Van Gelder began working for TROS in 1972 and for NOS in 1976. He is known for presenting Te land, ter zee en in de lucht from 1984 to 1996. In 2009, he presented the Nationaal Songfestival, an annual competition held almost every year between 1956 and 2012 to select the country's representative for the Eurovision Song Contest.

In 2014, he won the Theo Koomen Award, an annual award for best sports reporting or commentary. He received the award for his commentary of Klaas-Jan Huntelaar's winning goal in the match between Mexico and the Netherlands in the 2014 FIFA World Cup knockout stage.

Van Gelder played the role of Pontius Pilate in the 2014 edition of The Passion, a Dutch Passion Play held every Maundy Thursday since 2011.

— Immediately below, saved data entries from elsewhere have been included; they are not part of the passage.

// The printing of the counts.
ghost use Rattle.std.specs.Prelude.{◌≡◌, OnErr, OnOk};
ghost use Rattle.run_reports.specs.report_text.specs.fault_count.specs.Rose.{Rose};
ghost use Rattle.run_reports.specs.report_text.specs.Sink.{Extends, ExtendsInPart};
ghost use Rattle.load_counts.specs.Counts.{counts_text};

use crate::counts::Counts;
use arrayvec::ArrayString;
use itoa::Buffer;
use run_reports::report_text::{Failed, Sink, write_all};

/// Prints seven lines into the sink: how many requests there were, how often each kind of reply came, and how many
/// pairs are left.
///
/// Failed comes only where the sink's count of faults rose; the sink then holds a part of the lines, from the front.
pub fn print_counts<K: Sink>(
    requests: u32,
    counts: &Counts,
    size: u32,
    sink: &mut K,
) -> Result<(), Failed>
    ensures printed { OnOk result (Extends (K.held sink.old) (counts_text requests counts.now size) (K.held sink.new)) }
    ensures steady { OnOk result (K.faults sink.new ≡ K.faults sink.old) }
    ensures in_part { OnErr result (ExtendsInPart (K.held sink.old) (counts_text requests counts.now size)
        (K.held sink.new)) }
    ensures cause { OnErr result (Rose (K.faults sink.old) (K.faults sink.new)) }
{
    let text = text_of(requests, counts, size);
    write_all(sink, text.as_bytes())
}

// The longest has seven numbers of ten digits.
type Text = ArrayString<160>;

fn text_of(requests: u32, counts: &Counts, size: u32) -> Text
    ensures { result.bytes ≡ counts_text requests counts.now size }
{
    let mut text = Text::new();
    text.push_str("requests ");
    text.push_str(Buffer::new().format(requests));
    text.push_str("\nnew ");
    text.push_str(Buffer::new().format(counts.new));
    text.push_str("\ndup ");
    text.push_str(Buffer::new().format(counts.dup));
    text.push_str("\nval ");
    text.push_str(Buffer::new().format(counts.val));
    text.push_str("\ngone ");
    text.push_str(Buffer::new().format(counts.gone));
    text.push_str("\nnone ");
    text.push_str(Buffer::new().format(counts.absent));
    text.push_str("\nfinal ");
    text.push_str(Buffer::new().format(size));
    text.push_str("\n");
    text
}
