// What the counts of a legal report say where each trace has keys of its own.
ghost use Rattle.std.specs.Prelude.{◌≡◌, ◌<◌, ℕ, All, List, Option, true};
ghost use Rattle.structure_laws.specs.map_history.specs.declared.op.Entry.{Entry};
ghost use Rattle.structure_laws.specs.map_history.specs.declared.op.Request.{Request};
ghost use Rattle.run_reports.specs.report_text.specs.Entries.{AreLegal};
ghost use Rattle.trace_reader.specs.Generator.{generated};
ghost use Rattle.trace_reader.specs.declared.generator.Gen.{Gen};
ghost use Rattle.load_counts.specs.Apart.{AreApart, pairs_alone, replies_alone, unserved_in};
ghost use Rattle.load_counts.specs.Counts.{counts_in, counts_of};

/// Where each trace has keys of its own and each request is served, a legal report has the replies of each trace served
/// by itself, as often as they come there, and as many pairs are left.
pub fn traces_apart_are_answered_alone()
    ensures counts { (requests : List Request) (traces : ℕ) (entries : List (Option Entry)) (size : ℕ)
        → AreLegal requests entries size → unserved_in entries ≡ 0 → AreApart requests traces
        → All (λ (request : Request). request.trace < traces) requests
        → counts_in entries ≡ counts_of (replies_alone requests traces) }
    ensures pairs { (requests : List Request) (traces : ℕ) (entries : List (Option Entry)) (size : ℕ)
        → AreLegal requests entries size → unserved_in entries ≡ 0 → AreApart requests traces
        → All (λ (request : Request). request.trace < traces) requests
        → size ≡ pairs_alone requests traces }
{}

/// A plan whose traces are to be apart gives requests that are.
pub fn generated_traces_are_apart()
    ensures { (plan : Gen) → plan.apart ≡ true → AreApart (generated plan) plan.traces }
{}
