// How often each kind of reply stands among entries.
ghost use Rattle.std.specs.Prelude.{◌≡◌, ◌≤◌, count_by, length};
ghost use Rattle.structure_laws.specs.map_history.specs.Requests.{most_requests};
ghost use Rattle.load_counts.specs.Apart.{unserved_in};
ghost use Rattle.load_counts.specs.Counts.{counts_in, has, is_of};

use structure_laws::map_history::{Entry, Reply};

/// How often each kind of reply came.
#[derive(Clone, Copy, Debug, PartialEq, Eq)]
pub struct Counts {
    /// Of a new pair.
    pub new: u32,
    /// Of a key that was there.
    pub dup: u32,
    /// With a value.
    pub val: u32,
    /// Of a pair that was taken out.
    pub gone: u32,
    /// Of a key that wasn't there.
    pub absent: u32,
}

// What a reply says, whatever its value.
#[derive(Clone, Copy, Debug)]
enum Kind {
    New,
    Dup,
    Val,
    Gone,
    Absent,
}

/// Counts the replies of at most 131,072 entries.
pub fn count_replies(entries: &[Option<Entry>]) -> Counts
    requires { length entries.now ≤ most_requests }
    ensures { result ≡ counts_in entries.now }
{
    Counts {
        new: count(entries, Kind::New),
        dup: count(entries, Kind::Dup),
        val: count(entries, Kind::Val),
        gone: count(entries, Kind::Gone),
        absent: count(entries, Kind::Absent),
    }
}

/// How many of at most 131,072 requests have no entry.
pub fn count_unserved(entries: &[Option<Entry>]) -> u32
    requires { length entries.now ≤ most_requests }
    ensures { result ≡ unserved_in entries.now }
{
    entries.iter().filter(|entry| entry.is_none()).count() as u32
}

// How many entries have a reply of this kind.
fn count(entries: &[Option<Entry>], kind: Kind) -> u32
    requires { length entries.now ≤ most_requests }
    ensures { result ≡ count_by (has kind) entries.now }
{
    entries.iter().filter(|entry| has(kind, **entry)).count() as u32
}

fn has(kind: Kind, entry: Option<Entry>) -> bool
    ensures { result ≡ has kind entry }
{
    match entry {
        Some(entry) => is_of(kind, entry.reply),
        None => false,
    }
}

fn is_of(kind: Kind, reply: Reply) -> bool
    ensures { result ≡ is_of kind reply }
{
    match (kind, reply) {
        (Kind::New, Reply::New)
        | (Kind::Dup, Reply::Dup)
        | (Kind::Val, Reply::Val(_))
        | (Kind::Gone, Reply::Gone)
        | (Kind::Absent, Reply::Absent) => true,
        _ => false,
    }
}
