//! How often each reply came: counts of replies, their printing, and the counts of a closed table.
//!
//! `counts` counts replies, `print` prints the seven lines, `tally` counts what the words of a closed table hold, and
//! `laws` says that requests with keys of their own for each trace are answered as each trace by itself.
#![tactic(auto)]

mod counts;
mod laws;
mod print;
mod tally;

pub use counts::{Counts, count_replies, count_unserved};
pub use laws::{generated_traces_are_apart, traces_apart_are_answered_alone};
pub use print::print_counts;
pub use tally::{Tally, tally_words};

// Passed on to the layers above, so that they needn't name these libraries themselves.
pub use run_reports;
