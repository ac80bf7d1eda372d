// The counts of the replies in the words of a closed table.
ghost use Rattle.std.specs.Prelude.{◌≡◌, true, IfOk, length};
ghost use Rattle.run_reports.specs.closed_words.specs.Histories.{HoldsNoLock};
ghost use Rattle.load_counts.specs.Tallies.{IsAlone, IsTally};

use crate::{
    Counts, count_replies, count_unserved, generated_traces_are_apart,
    traces_apart_are_answered_alone,
};
use run_reports::closed_words::closed_words_have_a_history;
use run_reports::closed_words::version_words::{Words, words_are_reached};
use run_reports::entries_of;
use std::alloc::{AllocError, Global};
use structure_laws::Structure;

/// What the entries of a closed table's requests come to.
#[derive(Clone, Copy, Debug, PartialEq, Eq)]
pub struct Tally {
    /// How often each kind of reply came.
    pub counts: Counts,
    /// How many requests have no entry.
    pub unserved: u32,
}

/// Counts the replies of all requests of the table, by its words.
///
/// `count` is how many requests the table has. Its structure serves a map, and no lock in its words names a descriptor.
/// Where the requests were generated so that each trace has keys of its own and each has an entry, the counts are those
/// of each trace served by itself on a plain map. The Err is want of memory.
pub fn tally_words<S: Structure>(
    alloc: Global,
    words: &Words<S>,
    count: u32,
) -> Result<Tally, AllocError>
    requires count { count ≡ length words.now.requests }
    requires map { (S.meaning words.now.structure).is_map ≡ true }
    requires free { HoldsNoLock (S.meaning words.now.structure) words.now }
    ensures tally { IfOk result (IsTally (S.meaning words.now.structure) words.now) }
    ensures alone { IfOk result (IsAlone (S.meaning words.now.structure) words.now) }
{
    words_are_reached(words);
    closed_words_have_a_history(words);
    traces_apart_are_answered_alone();
    generated_traces_are_apart();
    let entries = entries_of(alloc, words, count)?;
    Ok(Tally {
        counts: count_replies(&entries),
        unserved: count_unserved(&entries),
    })
}
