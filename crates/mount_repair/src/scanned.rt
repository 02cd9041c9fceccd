//! A pack as it was read.
use crate::library::Library;
use ebcdic_names::Dsn;
use stow_ops::Packing;
use vol_model::Kind;
use vtoc_index::Vol;

/// A pack that was read.
#[derive(Drop)]
pub struct Scan {
    /// Its index, with room for the free runs that it may come to have.
    pub vol: Vol,
    /// The names of its data sets, in order (EBCDIC bytes), each with the kind of its body. One that can't be read has the
    /// first relative track, from 0, that breaks it.
    pub volume: Vec<(Dsn, Kind)>,
    /// Whether it is settled.
    pub settled: bool,
    /// Its directories that are packed.
    pub libraries: Vec<Library>,
    // Its directories that aren't.
    pub(crate) unpacked: Vec<Unpacked>,
}

// A directory that isn't packed: the slot of its data set, and how it comes to be packed.
#[derive(Drop)]
pub(crate) struct Unpacked {
    pub(crate) slot: u32,
    pub(crate) packing: Packing,
}
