//! From the fields of a DSCB to the 140 bytes of its slot.
ghost use Rattle.std.specs.Prelude.{◌≡◌, ◌+◌, ◌*◌, ◌^◌, ◌≤◌, ◌<◌, ◌++◌, ℕ, List, Ok, length, map, take};
ghost use Rattle.std.specs.List.{concat};
ghost use Rattle.std.specs.Int.{w16, w32, to_be_bytes};
ghost use Rattle.dscb_codec.specs.Layout.{AreBytes, AreRows, decoded, f1_of, f3_of, f4_of, f5_of, format_byte};

use crate::{Dscb, F1, F3, F4, F5, FORMAT_1, FORMAT_3, FORMAT_4, FORMAT_5};

// A number in a field of two bytes.
fn halfword_bytes(number: u16) -> [u8; 2]
    ensures bytes { result ≡ to_be_bytes w16 number }
    ensures fits { number < 2 ^ 16 }
{
    number.to_be_bytes()
}

// A number in a field of four bytes.
fn word_bytes(number: u32) -> [u8; 4]
    ensures bytes { result ≡ to_be_bytes w32 number }
    ensures fits { number < 2 ^ 32 }
{
    number.to_be_bytes()
}

// Copies a part to its place and gives the offset after it. Nothing is said of the bytes from there on: parts
// are copied from front to back, so these are still to come.
fn copy_part(out: &mut [u8], from: usize, part: &[u8]) -> usize
    requires { from + length part.now ≤ length out.old }
    ensures front { take result out.new ≡ take from out.old ++ part.now }
    ensures behind { result ≡ from + length part.now }
    ensures inside { result ≤ length out.old }
{
    let behind = from + part.len();
    out[from..behind].copy_from_slice(part);
    behind
}

// The same of a row, whose length its type gives.
fn copy_row<const N: usize>(out: &mut [u8], from: usize, row: &[u8; N]) -> usize
    requires { from + N ≤ length out.old }
    ensures front { take result out.new ≡ take from out.old ++ row.now }
    ensures behind { result ≡ from + N }
    ensures wide { length row.now ≡ N }
{
    copy_part(out, from, row)
}

// The bytes of a field of rows.
fn flat<const N: usize, const M: usize, const T: usize>(rows: &[[u8; N]; M]) -> [u8; T]
    requires { T ≡ N * M }
    ensures bytes { result ≡ concat rows.now }
    ensures rows { AreRows N M rows.now }
{
    let mut out = [0; T];
    let mut at = 0;
    for row in rows {
        at = copy_row(&mut out, at, row);
    }
    out
}

// The bytes of the fields, one after another.
fn joined(parts: &[&[u8]]) -> [u8; 140]
    requires { length (concat (map (λ part. part.now) parts.now)) ≡ 140 }
    ensures { result ≡ concat (map (λ part. part.now) parts.now) }
{
    let mut out = [0; 140];
    let mut at = 0;
    for part in parts {
        at = copy_part(&mut out, at, part);
    }
    out
}

fn f1_bytes(f: &F1) -> [u8; 140]
    ensures format { format_byte result ≡ FORMAT_1 }
    ensures fields { f1_of result ≡ f.now }
    ensures only { (bytes : List ℕ) → length bytes ≡ 140 → AreBytes bytes
        → format_byte bytes ≡ FORMAT_1 → f1_of bytes ≡ f.now → bytes ≡ result }
{
    let runs: [u8; 30] = flat(&f.runs);
    joined(&[
        &f.name,
        &[FORMAT_1],
        &f.serial,
        &halfword_bytes(f.volseq),
        &f.created,
        &f.expires,
        &[f.extents, f.dir_used],
        &f.res61,
        &f.system,
        &f.res75,
        &halfword_bytes(f.dsorg),
        &[f.recfm, f.optcd],
        &halfword_bytes(f.blksize),
        &halfword_bytes(f.lrecl),
        &[f.keylen],
        &halfword_bytes(f.rkp),
        &[f.indicators],
        &word_bytes(f.scalo),
        &f.lstar,
        &halfword_bytes(f.balance),
        &f.res103,
        &runs,
        &f.pointer,
    ])
}

fn f3_bytes(f: &F3) -> [u8; 140]
    ensures format { format_byte result ≡ FORMAT_3 }
    ensures fields { f3_of result ≡ f.now }
    ensures only { (bytes : List ℕ) → length bytes ≡ 140 → AreBytes bytes
        → format_byte bytes ≡ FORMAT_3 → f3_of bytes ≡ f.now → bytes ≡ result }
{
    let front: [u8; 40] = flat(&f.front);
    let back: [u8; 90] = flat(&f.back);
    joined(&[&word_bytes(f.id), &front, &[FORMAT_3], &back, &f.pointer])
}

fn f4_bytes(f: &F4) -> [u8; 140]
    ensures format { format_byte result ≡ FORMAT_4 }
    ensures fields { f4_of result ≡ f.now }
    ensures only { (bytes : List ℕ) → length bytes ≡ 140 → AreBytes bytes
        → format_byte bytes ≡ FORMAT_4 → f4_of bytes ≡ f.now → bytes ≡ result }
{
    joined(&[
        &f.id,
        &[FORMAT_4],
        &f.highest,
        &halfword_bytes(f.free),
        &word_bytes(f.next_alt),
        &halfword_bytes(f.alternates),
        &[f.indicators, f.extents],
        &f.res60,
        &word_bytes(f.size),
        &halfword_bytes(f.capacity),
        &[f.i, f.l, f.k, f.flag],
        &halfword_bytes(f.tolerance),
        &[f.dscbs, f.dirs],
        &f.res76,
        &f.vtoc,
        &f.res115,
    ])
}

fn f5_bytes(f: &F5) -> [u8; 140]
    ensures format { format_byte result ≡ FORMAT_5 }
    ensures fields { f5_of result ≡ f.now }
    ensures only { (bytes : List ℕ) → length bytes ≡ 140 → AreBytes bytes
        → format_byte bytes ≡ FORMAT_5 → f5_of bytes ≡ f.now → bytes ≡ result }
{
    let front: [u8; 40] = flat(&f.front);
    let back: [u8; 90] = flat(&f.back);
    joined(&[&word_bytes(f.id), &front, &[FORMAT_5], &back, &f.pointer])
}

/// The 140 bytes of a slot's key and data that a DSCB has.
///
/// The reserved bytes are fields too, so no other bytes decode to this DSCB: of one that was decoded these are
/// the bytes that it came from.
pub fn encode(dscb: &Dscb) -> [u8; 140]
    ensures decoded { decoded result ≡ Ok dscb.now }
    ensures only { (bytes : List ℕ) → length bytes ≡ 140 → AreBytes bytes
        → decoded bytes ≡ Ok dscb.now → bytes ≡ result }
{
    match dscb {
        Dscb::F0 => [0; 140],
        Dscb::F1(f) => f1_bytes(f),
        Dscb::F3(f) => f3_bytes(f),
        Dscb::F4(f) => f4_bytes(f),
        Dscb::F5(f) => f5_bytes(f),
    }
}
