//! The operands of statements by their keywords, and the forms of their values.
ghost use Rattle.std.specs.Prelude.{◌≡◌, map, find, count_by, option_map, option_and_then, IfOk, IfSome};
ghost use Rattle.std.specs.Option.{option_copied};
ghost use Rattle.card_text.specs.declared.operands.Operand.{Operand};
ghost use Rattle.card_text.specs.Operands.{operand_view};
ghost use Rattle.card_text.specs.Tree.{as_list, as_word, trees, value_view};
ghost use Rattle.util_syntax.specs.Forms.{IsMemberName, member_in, member_of, is_named, has_keyword, is_flag, value_of, flag_of, if_given, data_set_in, pair_of, is_device_word, serial_behind, volume_in, data_set_of, volume_of, data_sets_among, data_sets_in};

use card_text::{Operand, Value, data_set_name_of, name_of, volume_serial_of};
use ckd_image::DiskType;
use ebcdic_names::{Dsn, Name8, Serial};
use std::alloc::{AllocError, Global};

// The devices that a card can name.
const DEVICES: [DiskType; 4] = [
    DiskType::D2311,
    DiskType::D2314,
    DiskType::D3330,
    DiskType::D3350,
];

/// Whether a name is this word in ASCII.
#[tactic(auto, unfolding(crate::specs::Forms::is_named))]
pub fn is_named(name: &Name8, word: &[u8]) -> bool
    ensures { result ≡ is_named word.now name.now }
{
    match name_of(word) {
        Some(other) => other == *name,
        None => false,
    }
}

/// Whether an operand has this keyword.
pub fn has_keyword(operand: &Operand, word: &[u8]) -> bool
    ensures { result ≡ has_keyword word.now (operand_view operand.now) }
{
    match &operand.key {
        Some(key) => is_named(key, word),
        None => false,
    }
}

/// Whether an operand is this word alone.
pub fn is_flag(operand: &Operand, word: &[u8]) -> bool
    ensures { result ≡ is_flag word.now (operand_view operand.now) }
{
    if operand.key.is_some() {
        return false;
    }
    match operand.value.as_word() {
        Some(text) => word == text,
        None => false,
    }
}

// How many operands have this keyword.
fn keyword_count(operands: &[Operand], word: &[u8]) -> usize
    ensures { result ≡ count_by (has_keyword word.now) (map operand_view operands.now) }
{
    operands
        .iter()
        .filter(|operand| has_keyword(operand, word))
        .count()
}

// How many operands are this word alone.
fn flag_count(operands: &[Operand], word: &[u8]) -> usize
    ensures { result ≡ count_by (is_flag word.now) (map operand_view operands.now) }
{
    operands
        .iter()
        .filter(|operand| is_flag(operand, word))
        .count()
}

// The first operand with this keyword.
fn first_with<'a>(operands: &'a [Operand], word: &[u8]) -> Option<&'a Operand>
    ensures { option_copied result ≡ find (λ (o : Operand). has_keyword word.now (operand_view o)) operands.now }
{
    operands.iter().find(|operand| has_keyword(operand, word))
}

// The same over the views of the operands.
fn first_seen<'a>(operands: &'a [Operand], word: &[u8]) -> Option<&'a Operand>
    ensures { option_map (λ o. operand_view o.now) result ≡ find (has_keyword word.now) (map operand_view operands.now) }
{
    first_with(operands, word)
}

/// The value of the operand with a keyword, if one operand has it, and no second.
#[tactic(auto, unfolding(crate::specs::Forms::value_of))]
pub fn value_of<'a>(operands: &'a [Operand], word: &[u8]) -> Option<&'a Value>
    ensures { option_map (λ v. value_view v.now) result ≡ value_of word.now (map operand_view operands.now) }
{
    if keyword_count(operands, word) != 1 {
        return None;
    }
    match first_seen(operands, word) {
        Some(operand) => Some(&operand.value),
        None => None,
    }
}

/// Whether a word stands among the operands; `None` where it stands twice.
#[tactic(auto, unfolding(crate::specs::Forms::flag_of))]
pub fn flag_of(operands: &[Operand], word: &[u8]) -> Option<bool>
    ensures { result ≡ flag_of word.now (map operand_view operands.now) }
{
    match flag_count(operands, word) {
        0 => Some(false),
        1 => Some(true),
        _ => None,
    }
}

/// The data set name that a value is.
#[tactic(auto, unfolding(crate::specs::Forms::data_set_in))]
pub fn data_set_in(value: &Value) -> Option<Dsn>
    ensures { result ≡ data_set_in (value_view value.now) }
{
    match value.as_word() {
        Some(text) => data_set_name_of(text),
        None => None,
    }
}

// Whether a word names a device.
fn is_device(word: &[u8]) -> bool
    ensures { result ≡ is_device_word word.now }
{
    DEVICES
        .iter()
        .any(|device| word == device.device_word().as_bytes())
}

// The two items of a list.
fn pair_of(value: &Value) -> Option<(&Value, &Value)>
    ensures { option_map (λ pair. (value_view pair.0.now, value_view pair.1.now)) result
        ≡ option_and_then pair_of (as_list (value_view value.now)) }
{
    let items = value.as_list()?;
    let (first, others) = items.split_first()?;
    let (second, rest) = others.split_first()?;
    if rest.is_empty() {
        Some((first, second))
    } else {
        None
    }
}

// The serial of a volume after its device.
fn serial_behind(device: &Value, serial: &Value) -> Option<Serial>
    ensures { result ≡ serial_behind (as_word (value_view device.now)) (as_word (value_view serial.now)) }
{
    let device = device.as_word()?;
    let serial = serial.as_word()?;
    if is_device(device) {
        volume_serial_of(serial)
    } else {
        None
    }
}

/// The serial that a value `dev=serial` gives, where the device is `2311`, `2314`, `3330` or `3350`.
#[tactic(auto, unfolding(crate::specs::Forms::volume_in))]
pub fn volume_in(value: &Value) -> Option<Serial>
    ensures { result ≡ volume_in (value_view value.now) }
{
    match pair_of(value) {
        Some((device, serial)) => serial_behind(device, serial),
        None => None,
    }
}

/// The data set name after a keyword, if one operand has that, and no second.
#[tactic(auto, unfolding(crate::specs::Forms::data_set_of))]
pub fn data_set_of(operands: &[Operand], word: &[u8]) -> Option<Dsn>
    ensures { result ≡ data_set_of word.now (map operand_view operands.now) }
{
    match value_of(operands, word) {
        Some(value) => data_set_in(value),
        None => None,
    }
}

/// The serial of the volume after a keyword, if one operand has that, and no second.
#[tactic(auto, unfolding(crate::specs::Forms::volume_of))]
pub fn volume_of(operands: &[Operand], word: &[u8]) -> Option<Serial>
    ensures { result ≡ volume_of word.now (map operand_view operands.now) }
{
    match value_of(operands, word) {
        Some(value) => volume_in(value),
        None => None,
    }
}

// The data set names that values are.
fn data_sets_among(alloc: Global, items: &[Value]) -> Result<Option<Vec<Dsn>>, AllocError>
    ensures { IfOk result (λ found. option_map (λ v. v.items) found
        ≡ data_sets_among (trees (map value_view items.now))) }
{
    let mut names = Vec::new(alloc);
    for item in items {
        match data_set_in(item) {
            Some(name) => names.push(name)?,
            None => return Ok(None),
        }
    }
    Ok(Some(names))
}

/// The data set names that a value lists, of which one may stand without parentheses.
///
/// The one error is want of memory.
#[tactic(auto, unfolding(crate::specs::Forms::data_sets_in))]
pub fn data_sets_in(alloc: Global, value: &Value) -> Result<Option<Vec<Dsn>>, AllocError>
    ensures { IfOk result (λ found. option_map (λ v. v.items) found ≡ data_sets_in (value_view value.now)) }
{
    if let Some(items) = value.as_list() {
        return data_sets_among(alloc, items);
    }
    match data_set_in(value) {
        Some(name) => {
            let mut names = Vec::new(alloc);
            names.push(name)?;
            Ok(Some(names))
        }
        None => Ok(None),
    }
}

/// The serial of the volume after a keyword, which may be missing; `None` where it stands twice, or has another form.
#[tactic(auto, unfolding(crate::specs::Forms::if_given, crate::specs::Forms::volume_of))]
pub fn volume_if_given(operands: &[Operand], word: &[u8]) -> Option<Option<Serial>>
    ensures { result ≡ if_given volume_in word.now (map operand_view operands.now) }
{
    if keyword_count(operands, word) == 0 {
        return Some(None);
    }
    match volume_of(operands, word) {
        Some(serial) => Some(Some(serial)),
        None => None,
    }
}

/// The data set names after a keyword, which may be missing; `None` where it stands twice, or has another form.
///
/// The one error is want of memory.
#[tactic(auto, unfolding(crate::specs::Forms::if_given))]
pub fn data_sets_if_given(
    alloc: Global,
    operands: &[Operand],
    word: &[u8],
) -> Result<Option<Option<Vec<Dsn>>>, AllocError>
    ensures { IfOk result (λ found. option_map (λ o. option_map (λ v. v.items) o) found
        ≡ if_given data_sets_in word.now (map operand_view operands.now)) }
{
    if keyword_count(operands, word) == 0 {
        return Ok(Some(None));
    }
    let Some(value) = value_of(operands, word) else {
        return Ok(None);
    };
    match data_sets_in(alloc, value)? {
        Some(names) => Ok(Some(Some(names))),
        None => Ok(None),
    }
}

/// The name of a member that a value is.
#[tactic(auto, unfolding(crate::specs::Forms::member_in))]
pub fn member_in(value: &Value) -> Option<Name8>
    ensures name { result ≡ member_in (value_view value.now) }
    ensures lawful { IfSome result IsMemberName }
{
    match value.as_word() {
        Some(text) => name_of(text),
        None => None,
    }
}

/// The name of a member after a keyword, if one operand has that, and no second.
#[tactic(auto, unfolding(crate::specs::Forms::member_of))]
pub fn member_of(operands: &[Operand], word: &[u8]) -> Option<Name8>
    ensures name { result ≡ member_of word.now (map operand_view operands.now) }
    ensures lawful { IfSome result IsMemberName }
{
    match value_of(operands, word) {
        Some(value) => member_in(value),
        None => None,
    }
}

He switched from NOS to the sports television service Sport1 in 2015. The service rebranded to Ziggo Sport Totaal later that year. Van Gelder left Ziggo Sport in 2021.

In 2021, Van Gelder was the main guest in an episode of Hoge Bomen presented by Jeroen van der Boom. In the same year, he appeared in the New Year's Eve special of The Masked Singer. He also appears in the 2022 children's film Het Feest van Tante Rita directed by Dennis Bots.

== Personal life ==

In 2013, Van Gelder was decorated Knight in the Order of Orange-Nassau.